In the entries below, find the line with "IsSoundStart R.meaning work" and the line with "TellsProfiles (R.meaning dirs". Reproduce those two lines and every line between them exactly, and nothing more.
---------------
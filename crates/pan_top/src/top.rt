ghost use Rattle.std.specs.Prelude.{◌≤◌, ℕ, List, [], Some, length, ◌≡◌, None};
ghost use Rattle.asking.specs.declared.limits.TheConstants.{MAX_WORK};
ghost use Rattle.command_words.specs.Commands.{command_of};
ghost use Rattle.command_words.specs.declared.commands.Command.TheVariants.{Build};
ghost use Rattle.command_words.specs.declared.commands.Work.{Work};
ghost use Rattle.kept_build.specs.Kept.{IsSoundStart};
ghost use Rattle.kept_build.specs.Stores.{store_of};
ghost use Rattle.kept_state.specs.Stored.{Stored};
ghost use Rattle.record_rows.specs.Rows.{Give};
ghost use Rattle.blamed_works.specs.Profiles.{TellsProfiles};
ghost use Rattle.engine_session.specs.Rounds.{HasRounds};
ghost use Rattle.engine_session.specs.Untouched.{LeavesRest};
ghost use Rattle.engine_laws.specs.Circles.{AreCircles};
ghost use Rattle.engine_laws.specs.Names.{Name};
ghost use Rattle.engine_machine.specs.Machine.{runner_of};
ghost use Rattle.engine_machine.specs.Pictures.{picture_in};
ghost use Rattle.load_path.specs.declared.picture.PictureFile.{PictureFile};
ghost use Rattle.pan_ast.specs.declared.work.Limits.{Limits};
ghost use Rattle.site_build.specs.Scenes.{scene};
ghost use Rattle.pan_top.specs.Calls.{CallOf};
ghost use Rattle.pan_top.specs.Layouts.{LayoutsKeep, LayoutsSettle};
ghost use Rattle.pan_top.specs.Profiles.{AreKept};

use crate::building::build;
use crate::closing::say;
use crate::formatting::format_templates;
use crate::handed_back::{HandedBack, beside, hand_back, hand_back_kept};
use crate::keeping::build_with_rows;
use crate::showing::show;
use crate::watching::watch;
use base::{Steps, Text};
use call_status::Status;
use command_words::{Command, Work, read_command};
use engine_session::{Works, new_works};
use keepers::Keeper;
use kept_build::{KeptDevices, KeptWork};
use outside::{Lines, Shelf, Sink, Source};
use runner::Runner;
use site_build::Devices;
use std::alloc::{AllocError, Global};
use std::sync::ledger::Ledger;

/// A build, with a keeper where its words name a file of rows.
fn carry_out_build<R: Runner, S: Source, H: Shelf, K: Keeper, N: Lines, O: Sink, L: Ledger>(
    alloc: Global,
    work: &Work,
    works: Works<R>,
    devices: Devices<S, H, N, O>,
    keeper: K,
    steps: &mut Steps<L>,
) -> HandedBack<R, S, H, K, N, O>
    requires source_closed { S.opened devices.source ≡ None }
    requires shelf_closed { H.opened devices.shelf ≡ None }
    requires store_closed { K.opened keeper ≡ None }
    ensures { CallOf R.meaning (Some (Build work.now)) result.status
        (scene R.Runner S.Source H.Shelf N.Lines O.Sink works.runner devices steps.old)
        (scene R.Runner S.Source H.Shelf N.Lines O.Sink result.works.runner result.devices
        steps.new)
        (store_of K.Keeper keeper) (store_of K.Keeper result.keeper) }
{
    let mut works = works;
    let Some(file) = &work.state else {
        let mut devices = devices;
        let status = build(alloc, work, &mut works, &mut devices, steps);
        return beside(hand_back(status, works, devices), keeper);
    };
    let request = KeptWork {
        work,
        file: file.as_str(),
    };
    let mut kept = KeptDevices { devices, keeper };
    let status = build_with_rows(alloc, &request, &mut works, &mut kept, steps);
    hand_back_kept(status, works, kept)
}

/// Carries out the command that the words are.
fn carry_out<R: Runner, S: Source, H: Shelf, K: Keeper, N: Lines, O: Sink, L: Ledger>(
    alloc: Global,
    words: &[Text],
    runner: R,
    devices: Devices<S, H, N, O>,
    keeper: K,
    steps: &mut Steps<L>,
) -> HandedBack<R, S, H, K, N, O>
    requires source_closed { S.opened devices.source ≡ None }
    requires shelf_closed { H.opened devices.shelf ≡ None }
    requires store_closed { K.opened keeper ≡ None }
    ensures { CallOf R.meaning (command_of words.now) result.status
        (scene R.Runner S.Source H.Shelf N.Lines O.Sink runner devices steps.old)
        (scene R.Runner S.Source H.Shelf N.Lines O.Sink result.works.runner result.devices
        steps.new)
        (store_of K.Keeper keeper) (store_of K.Keeper result.keeper) }
{
    let mut works = new_works(alloc, runner);
    let mut devices = devices;
    match read_command(alloc, words) {
        Ok(Some(Command::Build(work))) => {
            carry_out_build(alloc, &work, works, devices, keeper, steps)
        }
        Ok(Some(Command::Watch(work))) => watch(alloc, &work, works, devices, keeper, steps),
        Ok(Some(Command::Demo(demonstration))) => {
            let status = show(alloc, &demonstration, &mut works, &mut devices.out, steps);
            beside(hand_back(status, works, devices), keeper)
        }
        Ok(Some(Command::Format(pair))) => {
            let status = format_templates(alloc, &pair, &mut devices);
            beside(hand_back(status, works, devices), keeper)
        }
        Ok(None) => {
            let status = say(&mut devices.out, b"usage fault\n", Status::Usage);
            beside(hand_back(status, works, devices), keeper)
        }
        Err(AllocError) => beside(hand_back(Status::Memory, works, devices), keeper),
    }
}

/// The compiler: compiles the templates of a source into profiles on a shelf and writes a report, once or as lines ask
/// for it, shows a demo, or puts the layout of the templates on the shelf.
///
/// The words are the program's, without its name. Objects are built and checked by the runner, each where the engine
/// wants it. What the call writes, what it leaves on the shelf and its status are those of the words' session with the
/// pictures that the source has to give, by what the runner means; a fault of a device, and want of memory, end it early.
/// Each profile keeps what the runner's checks promise (`profiles`), and an edit of one file changes no answer but those
/// of the objects that a watcher's `impact` names (`edits`). The leaves that its `blame` tells are those of the profile
/// (`leaves`). What a round runs is what had changed, and its turns cost at most what the records and those runs may cost,
/// those of a session at most the sum (`rounds`). An object is circular exactly where its chain of reads never ends (`circles`). A layout keeps the template,
/// its comments and its annotations (`layouts`), and has itself as its layout (`settled`).
///
/// Where the words name a file of rows, the keeper is opened there: a build and a watcher go on from the rows of an
/// earlier run, and keep their own behind each publication. What is said of them stands on the rows at the beginning being
/// sound, as those are that a build has kept, and as none are (`unkept`); no other command does anything with the keeper.
///
/// The source and the shelf are new: neither was opened yet. The call opens each once, before it asks anything of it; a
/// command that needs neither leaves them closed. The devices and the keeper are handed back with the status, and so is the
/// runner, with the engine that it ended with. `steps` rises by the session's steps: one for each file that is taken, for
/// each item that is compared, and the work of each run.
pub fn pan<R: Runner, S: Source, H: Shelf, K: Keeper, N: Lines, O: Sink, L: Ledger>(
    alloc: Global,
    words: &[Text],
    runner: R,
    devices: Devices<S, H, N, O>,
    keeper: K,
    steps: &mut Steps<L>,
) -> HandedBack<R, S, H, K, N, O>
    requires source_closed { S.opened devices.source ≡ None }
    requires shelf_closed { H.opened devices.shelf ≡ None }
    requires store_closed { K.opened keeper ≡ None }
    ensures call { CallOf R.meaning (command_of words.now) result.status
        (scene R.Runner S.Source H.Shelf N.Lines O.Sink runner devices steps.old)
        (scene R.Runner S.Source H.Shelf N.Lines O.Sink result.works.runner result.devices
        steps.new)
        (store_of K.Keeper keeper) (store_of K.Keeper result.keeper) }
    ensures unkept { (work : Work) (found : Stored) → Give [] found
        → IsSoundStart R.meaning work found }
    ensures profiles { AreKept R.meaning R.promises }
    ensures edits { (dirs : List (List ℕ)) (limits : Limits) → length dirs ≤ MAX_WORK
        → LeavesRest (R.meaning dirs limits) dirs }
    ensures leaves { (dirs : List (List ℕ)) (limits : Limits)
        → TellsProfiles (R.meaning dirs limits) }
    ensures rounds { (dirs : List (List ℕ)) (limits : Limits)
        → HasRounds (R.meaning dirs limits) dirs }
    ensures circles { (dirs : List (List ℕ)) (limits : Limits) (files : List PictureFile)
        (objects : List Name) → AreCircles (runner_of (R.meaning dirs limits).build)
        (picture_in files objects) }
    ensures layouts { LayoutsKeep }
    ensures settled { LayoutsSettle }
{
    carry_out(alloc, words, runner, devices, keeper, steps)
}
---------------
Answer area:
        → IsSoundStart R.meaning work found }
    ensures profiles { AreKept R.meaning R.promises }
    ensures edits { (dirs : List (List ℕ)) (limits : Limits) → length dirs ≤ MAX_WORK
        → LeavesRest (R.meaning dirs limits) dirs }
    ensures leaves { (dirs : List (List ℕ)) (limits : Limits)
        → TellsProfiles (R.meaning dirs limits) }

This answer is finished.